# How much Activated Charcoal to use?



## twaburds (May 7, 2016)

Hi guys!

I am wondering how much activated charcoal to use to colour my soap black but so as not to colour the lather.

I have came across varying recommendations frm 1tsp ppo to 1tbsp ppo.

Does anyone have any advise?

Thanks!


----------



## kc1ble (May 7, 2016)

I used AC in one recipe so far at 1/2 teaspoon ppo.  The soap seemed a little gray at first, but I used it for the first time yesterday and after it got wet, it has turned back to black and looks great.  The lather was barely gray, if at all.


----------



## SuzieOz (May 7, 2016)

I used 3 teaspoons to 1 kg of oils in this recipe. Australian teaspoons are 5ml - not sure if it's the same elsewhere.  So approximately 1 1/2 teaspoons ppo.

The soap is quite dark as you can see, but doesn't have a grey lather.

Hope this helps


----------



## Spice (May 11, 2016)

I used 1 tbl sp for 56oz/3.5 lb batch. I thought it came out good. But I wonder what it would do if I doubled that amount. I've only made a couple of batches.


----------



## topofmurrayhill (May 12, 2016)

1 TBS ppo is more what I would call black. Less is gray or dark gray. But that much even in a swirl will bleed some grayish lather. It's all a compromise. For my own use I don't really care. If anyone else asks, you could say, "Oh, that means it's working!"


----------



## SuzieOz (May 12, 2016)

topofmurrayhill said:


> If anyone else asks, you could say, "Oh, that means it's working!"



Ah yes, I like that! Must remember it :razz:


----------



## penelopejane (May 22, 2016)

I discovered something about AC today. 

I make a bar for my son and I thought I had it all sorted out as a no fail easy soap to make!!!  Ha ha.  I will tell you all that if I can master this soap making then anyone can. 

I found out that if you SB the AC into the batter it turns about twice as dark as it would if you just hand stir the AC in. 

Picture one: 600g batter with 1tsp AC mixed with 1 tsp water and hand stirred into batter. 
Picture two: 450 g batter with 3/4 tsp AC mixed with 1 tsp water and hand stirred into batter. 
Picture three: 800g batter 1.25 tsp AC (so actually a fair bit less than pic 2) mixed with 1 tsp water and stickblended into batter. Black as black as black can be. It has confetti and deliberate salt in the mix of the top and bottom so just look at the black parts. 

The white spots are deliberate and are salt in the batter and the swirl didn't work in the second on due to a colouring FO. But just try and compare the base grey colour. 

After suffering my usual emotional break down trying to see if 1 tsp measure was the same as the other one, DH (Science teacher and paint chemist) worked this out and explained that this is very understandable because the SB makes the AC disperse more easily into the batter. 

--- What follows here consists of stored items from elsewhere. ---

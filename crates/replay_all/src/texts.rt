// Cases of writing: a sheet, its labels, then the refusal's number, or 0 and the text as a list of bytes.
ghost use Rattle.std.specs.Prelude.{◌≡◌};
ghost use Rattle.writer.specs.Wrote.{wrote_of};
ghost use Rattle.replay_all.specs.Spelling.{is_spelled, is_text, write_case};

use refusal::Refusal;

// Whether the case has at its end, from at on, a 0 and these bytes as a list.
fn is_spelled(case: &[u32], at: usize, text: &[u8]) -> bool
    ensures { result ≡ is_spelled case.now at text.now }
{
    if case.len() <= at {
        return false;
    }
    if case[at] != 0 {
        return false;
    }
    let first = at + 1;
    let list = replay::list(case, first);
    if first + 1 + list.len() != case.len() {
        return false;
    }
    let mut bytes = [0u8; 4096];
    let k = replay::bytes(list, &mut bytes);
    if k != list.len() {
        return false;
    }
    check::same(&bytes[..k], text)
}

// Whether the outcome of writing stands in the case from at on.
#[tactic(auto, using(crate::proofs::Spelling::written_text_laws))]
fn is_text(case: &[u32], at: usize, answer: Result<usize, Refusal>, out: &[u8]) -> bool
    ensures { result ≡ is_text case.now at (wrote_of answer out.now) }
{
    match answer {
        Ok(n) => {
            if out.len() < n {
                return false;
            }
            is_spelled(case, at, &out[0..n])
        }
        Err(r) => replay::is_last(case, at, refusal::number(r)),
    }
}

// The sheet, the labels as a list of bytes, then the outcome of writing them.
pub fn written(case: &[u32]) -> bool
    ensures { result ≡ write_case case.now }
{
    let sheet = replay::list(case, 0);
    let second = 1 + sheet.len();
    let list = replay::list(case, second);
    let mut labels = [0u8; 16642];
    let k = replay::bytes(list, &mut labels);
    if k != list.len() {
        return false;
    }
    let mut text = [0u8; 65536];
    let answer = writer::write_automaton(sheet, &labels[..k], &mut text);
    is_text(case, second + 1 + list.len(), answer, &text)
}
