// Cases of sheets and of label lists: the number of the fault.
ghost use Rattle.std.specs.Prelude.{◌≡◌};
ghost use Rattle.replay_all.specs.Decided.{sheet_case, labels_case};

// The words as a list, then the fault's number or 0.
pub fn sheet(case: &[u32]) -> bool
    ensures { result ≡ sheet_case case.now }
{
    let words = replay::list(case, 0);
    let end = 1 + words.len();
    match sheets::check(words) {
        Ok(()) => replay::is_last(case, end, 0),
        Err(r) => replay::is_last(case, end, refusal::input_number(r)),
    }
}

// The number of states, the bytes as a list, then the fault's number or 0.
pub fn label_list(case: &[u32]) -> bool
    ensures { result ≡ labels_case case.now }
{
    if case.len() == 0 {
        return false;
    }
    let n = case[0] as usize;
    let list = replay::list(case, 1);
    let mut bytes = [0u8; 1024];
    let k = replay::bytes(list, &mut bytes);
    if k != list.len() {
        return false;
    }
    let end = 2 + list.len();
    match labels::check(n, &bytes[..k]) {
        Ok(()) => replay::is_last(case, end, 0),
        Err(r) => replay::is_last(case, end, refusal::input_number(r)),
    }
}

If the soap turns the water grey I will confetti it.  
Confetti is piling up at my house by the truck load.
Oops just realised i forgot the cinnamon line on the latest soap. I have a recipe I think I just need to read it while I am making it.


----------



## SuzieOz (May 23, 2016)

Ah well, there you go. I stick blended mine as I was worried about it not mixing through properly. 

That middle soap is awesome, I love it. So that's cinnamon? I have yet to master the mica line. Love your confetti bits.


----------



## Dahila (May 23, 2016)

with 800 grams of butter and 1.25 tsp you will probably have a grey lather.  AC in bigger amounts will dry the skin out, so moderation is the key here ) 
I make and sell a lot of AC soap, but i do swirl , I do experiment on  my hubby and my skin,  For 1400 g of oils I use 1 or less tsp


----------



## penelopejane (May 24, 2016)

SuzieOz said:


> Ah well, there you go. I stick blended mine as I was worried about it not mixing through properly.
> 
> 
> 
> That middle soap is awesome, I love it. So that's cinnamon? I have yet to master the mica line. Love your confetti bits.

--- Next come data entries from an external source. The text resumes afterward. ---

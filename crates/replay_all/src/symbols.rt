// Cases of ranges: what two have in common, or whether the ranges of a state overlap and the holes that they leave.
ghost use Rattle.std.specs.Prelude.{◌≡◌, ◌+◌, ◌*◌, ◌<◌, ◌≤◌, IfSome, IfNone, length};
ghost use Rattle.automata.specs.Automaton.{leaving, ranges_of};
ghost use Rattle.automata.specs.Records.{read_records};
ghost use Rattle.stores.specs.Written.{Written};
ghost use Rattle.ranges.specs.Missing.{missing, SortedRanges};
ghost use Rattle.ranges.specs.Span.{span_of};
ghost use Rattle.sheets.specs.inner.Accepted.{Accepted};
ghost use Rattle.sheets.specs.Sheet.{read};
ghost use Rattle.replay_all.specs.Spans.{is_ends, common_case, records, range_sheet, is_bit, are_spans, is_holes, holes_case, ranges_case};

// 0 and the ranges of a state, or 1 and two ranges.
pub fn ranges_of(case: &[u32]) -> bool
    ensures { result ≡ ranges_case case.now }
{
    if case.len() == 0 {
        return false;
    }
    if case[0] == 0 {
        return holes(case);
    }
    common(case)
}

// Whether the list has first and last of the common symbols of two ranges, or nothing.
fn is_ends(expected: &[u32], found: Option<(u32, u32)>) -> bool
    ensures { result ≡ is_ends expected.now (span_of found) }
{
    match found {
        Some((first, last)) => {
            if expected.len() != 2 {
                return false;
            }
            if expected[0] != first {
                return false;
            }
            expected[1] == last
        }
        None => expected.len() == 0,
    }
}

// First and last of two ranges, then their common symbols as a list of two or of none.
fn common(case: &[u32]) -> bool
    ensures { result ≡ common_case case.now }
{
    if case.len() < 5 {
        return false;
    }
    let expected = replay::list(case, 5);
    if 6 + expected.len() != case.len() {
        return false;
    }
    let found = ranges::intersect_ranges(case[1], case[2], case[3], case[4]);
    is_ends(expected, found)
}

// Stores the records of the given ranges from state 0 to states 0, 1 and so on, so that equal ranges are different records; answers the place
// behind them.
fn put_ranges(pairs: &[u32], sheet: &mut [u32], first: usize) -> usize
    requires { (length pairs.now ≤ 128) × (2 * first + 5 * length pairs.now ≤ 2 * length sheet.old) }
    ensures { Written sheet.old first (records 0 pairs.now) sheet.new result }
{
    let (ranges, _) = pairs.as_chunks::<2>();
    let mut at = first;
    for (to, r) in ranges.iter().enumerate() {
        at = output::put_record(sheet, at, 0, 1, r[0], r[1], to as u32);
    }
    at
}

// Stores a sheet of 64 states that has the given ranges; answers its length, or None where there are over 64 ranges.
fn put_sheet(pairs: &[u32], sheet: &mut [u32]) -> Option<usize>
    requires { 388 ≤ length sheet.old }
    ensures within { IfSome result (λ n. n ≤ 388) }
    ensures written { IfSome result (λ n. Written sheet.old 0 (range_sheet pairs.now) sheet.new n) }
    ensures many { IfNone result ((128 < length pairs.now) × (sheet.new ≡ sheet.old)) }
{
    if 128 < pairs.len() {
        return None;
    }
    let none = [0u32; 64];
    let accepts = output::put_start(sheet, 0, 64);
    let count = stores::put_all(sheet, accepts, &none);
    let first = stores::put(sheet, count, (pairs.len() / 2) as u32);
    Some(put_ranges(pairs, sheet, first))
}

// The ranges as firsts and lasts in turn, then whether they overlap, then the holes that they leave.
#[tactic(auto, using(crate::proofs::Spans::holes_many))]
fn holes(case: &[u32]) -> bool
    ensures { result ≡ holes_case case.now }
{
    let pairs = replay::list(case, 1);
    let mut words = [0u32; 388];
    let Some(n) = put_sheet(pairs, &mut words) else {
        return false;
    };
    let sheet = &words[0..n];
    match sheets::check(sheet) {
        Ok(()) => holes_of(sheet, case, 2 + pairs.len()),
        Err(_) => false,
    }
}

// Whether the listed holes are those that the ranges of the run leave.
fn are_holes(run: &[u32], expected: &[u32]) -> bool
    requires { SortedRanges (ranges_of (read_records run.now)) × (length run.now ≤ 10240) }
    ensures { result ≡ are_spans expected.now (missing 0 4294967295 (ranges_of (read_records run.now))) }
{
    let mut found = [0u32; 4098];
    let n = ranges::missing_ranges(run, 0, 4294967295, &mut found);
    if 2049 < n {
        return false;
    }
    let end = 2 * n;
    replay::same(expected, &found[0..end])
}

// Whether x is 1 where the test holds, and 0 where it does not.
fn is_answer(x: u32, holds: bool) -> bool
    ensures { result ≡ is_bit x holds }
{
    if holds {
        return x == 1;
    }
    x == 0
}

// Whether the case has at the place at what the ranges of state 0 give.
fn holes_of(sheet: &[u32], case: &[u32], at: usize) -> bool
    requires { Accepted sheet.now }
    ensures { result ≡ is_holes case.now at (ranges_of (leaving (read sheet.now) 0)) }
{
    if case.len() <= at {
        return false;
    }
    let expected = replay::list(case, at + 1);
    if at + 2 + expected.len() != case.len() {
        return false;
    }
    let mut starts = [0u32; 257];
    sheets::run_starts(sheet, &mut starts);
    let run = sheets::run(sheet, &starts, 0);
    if is_answer(case[at], ranges::has_overlapping_ranges(run)) {
        return are_holes(run, expected);
    }
    false
}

This is easy!  Just sprinkle a little cinnamon on the wet soap.  You can be pretty generous but make sure all the cinnamon gets wet.  You have to SB the bottom layer or leave it until it will hold the top layer.  Sprinkle the cinnamon then pour over the top layer. 

It makes a real mess if the bottom layer isn't set enough!!!! So I often make 2 soaps at a time and do a double pour to avoid SB the base.


----------



## penelopejane (May 24, 2016)

Dahila said:


> with 800 grams of butter and 1.25 tsp you will probably have a grey lather.  AC in bigger amounts will dry the skin out, so moderation is the key here )
> 
> I make and sell a lot of AC soap, but i do swirl , I do experiment on  my hubby and my skin,  For 1400 g of oils I use 1 or less tsp





The top two actually have a higher percentage of AC than the bottom one. 

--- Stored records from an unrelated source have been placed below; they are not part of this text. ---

// The loader: the tree that stands in the bytes of a file, handed out to lists that the caller lends.
#![tactic(auto)]

ghost use Rattle.std.specs.Prelude.{◌≡◌, is_some, IfSome};
ghost use Rattle.definition.specs.Refusals.{accepted, verdict};
ghost use Rattle.stored.specs.Stored.{levels_place, well_formed};
ghost use Rattle.stored.specs.Outcome.{own_tests};
ghost use Rattle.config.specs.Params.{settings_of_lem};
ghost use Rattle.tree_answer.specs.Answers.{tree_answer_lem};
ghost use Rattle.tree_lists.specs.Lent.{lists_in, SameLists};
ghost use Rattle.load.specs.Loading.{Loaded};

use config::{DDMParams, Settings};
use file_front::Front;
use points::Points;
use refusal::Refusal;
use tree_answer::DDMTree;
use tree_lists::TreeLists;

// Where the levels of a stored tree begin, if bytes are its file: the front is tested, then the levels.
pub fn check_file(bytes: &[u8]) -> Option<usize>
    ensures good { is_some result ≡ well_formed bytes.now }
    ensures place { IfSome result (λ next. next ≡ levels_place bytes.now) }
{
    let Front { settings, n, next } = file_front::check_front(bytes)?;
    let neighbours = settings.params.overlap_knn as usize;
    if !file_levels::check_tree(bytes, next, settings.dimensions, n, neighbours) {
        return None;
    }
    Some(next)
}

// The load of a call that the build's own tests let pass: the file's refusals, 20, 18 and 19, then its tree.
fn load_file(
    points: Points<'_>,
    params: DDMParams,
    bytes: &[u8],
    lists: &mut TreeLists<'_>,
) -> Result<DDMTree, Refusal>
    requires { verdict (own_tests (settings_of_lem points.dimensions params) points.coordinates.now (lists_in lists.old)) ≡ accepted }
    ensures same { SameLists lists.old lists.new }
    ensures loaded { Loaded (settings_of_lem points.entry.dimensions params) points.entry.coordinates.now bytes.now
        (lists_in lists.old) (lists_in lists.new) (tree_answer_lem result) }
{
    let place = check_file(bytes).ok_or(Refusal::NoSoundTree)?;
    let dimensions = points.dimensions;
    if !settings_record::same_settings(Settings { dimensions, params }, bytes) {
        return Err(Refusal::OtherSettings);
    }
    if !file_front::same_points(points, bytes) {
        return Err(Refusal::OtherPoints);
    }
    Ok(load_lists::put_levels(bytes, place, dimensions, lists))
}

// The load of a stored tree for the present points and settings. A refused call writes to no list. An accepted one writes the tree to
// the fronts of the five lists, and leaves what stands past it as it was.
pub fn load_tree(
    points: Points<'_>,
    params: DDMParams,
    bytes: &[u8],
    lists: &mut TreeLists<'_>,
) -> Result<DDMTree, Refusal>
    ensures same { SameLists lists.old lists.new }
    ensures loaded { Loaded (settings_of_lem points.entry.dimensions params) points.entry.coordinates.now bytes.now
        (lists_in lists.old) (lists_in lists.new) (tree_answer_lem result) }
{
    tree_checks::check_tree(points, params, lists.read())?;
    load_file(points, params, bytes, lists)
}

The top two do not colour the water grey.  It will be interesting to see if SB in the AC and making it darker makes the water grey.



Do you SB in your AC or do you stir it in?

In your experience is there a difference or was my soap just an aberation?


----------



## Dahila (May 24, 2016)

That's good news.  I go easy on AC because it dries the skin up.  To get really black color add a tiny bit of black oxide)
I use SB to stir , I am too old to stir with spatula tendonitis 
I do not think the stirring has influence on it.  Wait and see.  It likes to change color gradually and it is always dark grey.  I use titanium to have tri color and white somehow shows AC  better


----------